_Problem statement:_ Return the line containing "#[derive(Drop)]" and every line after it through the end of the entries below, with no other lines.

_Data:_
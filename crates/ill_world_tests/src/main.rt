//! Tests two sides in one world. The input has scripts. Below each script, after two spaces, the program prints the
//! trace that `ill_world` writes of it. Old traces in the input are dropped. The file `stdin` has the scripts with the
//! traces that they must give. The head of `stdin` defines how scripts are written. The file `stdout` has the bytes of
//! `stdin`.
//!
//! To try a script alone, in seconds, put its lines into a file. An example is
//! `sed -n '/^script a Shipped that comes again$/,/^$/p' stdin > file`.
//! Then `rt try < file | diff file -` prints nothing if all is right.
//!
//! Marks (`ill_test_kit::marks`) surround calls of `ill_world`. A call is repeated while an allocation is refused
//! (`tries`, `performing`). So `tools/out-of-memory` refuses each allocation of each call once, and the printed page
//! must not change. Ample memory is given to scripts that are longer than `performing` says, and to the events of
//! `ending`.
#![tactic(auto)]

mod desks;
mod events;
mod list;
mod performing;
mod places;
mod scripts;
mod session;
mod streams;
mod tries;
mod worlds;

use ill_test_kit::answer_lines;
use session::Session;
use std::io;

/// Performs the scripts of the input, and prints their traces.
fn main(rt: HostRuntime) -> io::Result<()> {
    answer_lines(&rt, &mut Session::new(rt.alloc()))
}
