//! Collects events, one after another.

use std::alloc::Global;

/// A list of events, to which more are added. If an addition fails, the list is incomplete for good.
#[derive(Drop)]
pub struct EventList<E: Drop> {
    /// The events that were added.
    events: Vec<E>,
    /// True if no event is missing.
    is_whole: bool,
}

impl<E: Drop> EventList<E> {
    /// Returns an empty list.
    pub fn new(alloc: Global) -> EventList<E> {
        EventList {
            events: Vec::new(alloc),
            is_whole: true,
        }
    }

    /// Adds an event. If `event` is `None`, the list is incomplete from then on.
    pub fn push(&mut self, event: Option<E>) {
        let is_pushed = match event {
            Some(event) => self.events.push(event).is_ok(),
            None => false,
        };
        self.is_whole = self.is_whole && is_pushed;
    }

    /// Returns all events, or `None` if the list is incomplete.
    pub fn all(&self) -> Option<&[E]> {
        if self.is_whole {
            Some(&self.events)
        } else {
            None
        }
    }
}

_Exercise output:_
#[derive(Drop)]
pub struct EventList<E: Drop> {
    /// The events that were added.
    events: Vec<E>,
    /// True if no event is missing.
    is_whole: bool,
}

impl<E: Drop> EventList<E> {
    /// Returns an empty list.
    pub fn new(alloc: Global) -> EventList<E> {
        EventList {
            events: Vec::new(alloc),
            is_whole: true,
        }
    }

    /// Adds an event. If `event` is `None`, the list is incomplete from then on.
    pub fn push(&mut self, event: Option<E>) {
        let is_pushed = match event {
            Some(event) => self.events.push(event).is_ok(),
            None => false,
        };
        self.is_whole = self.is_whole && is_pushed;
    }

    /// Returns all events, or `None` if the list is incomplete.
    pub fn all(&self) -> Option<&[E]> {
        if self.is_whole {
            Some(&self.events)
        } else {
            None
        }
    }
}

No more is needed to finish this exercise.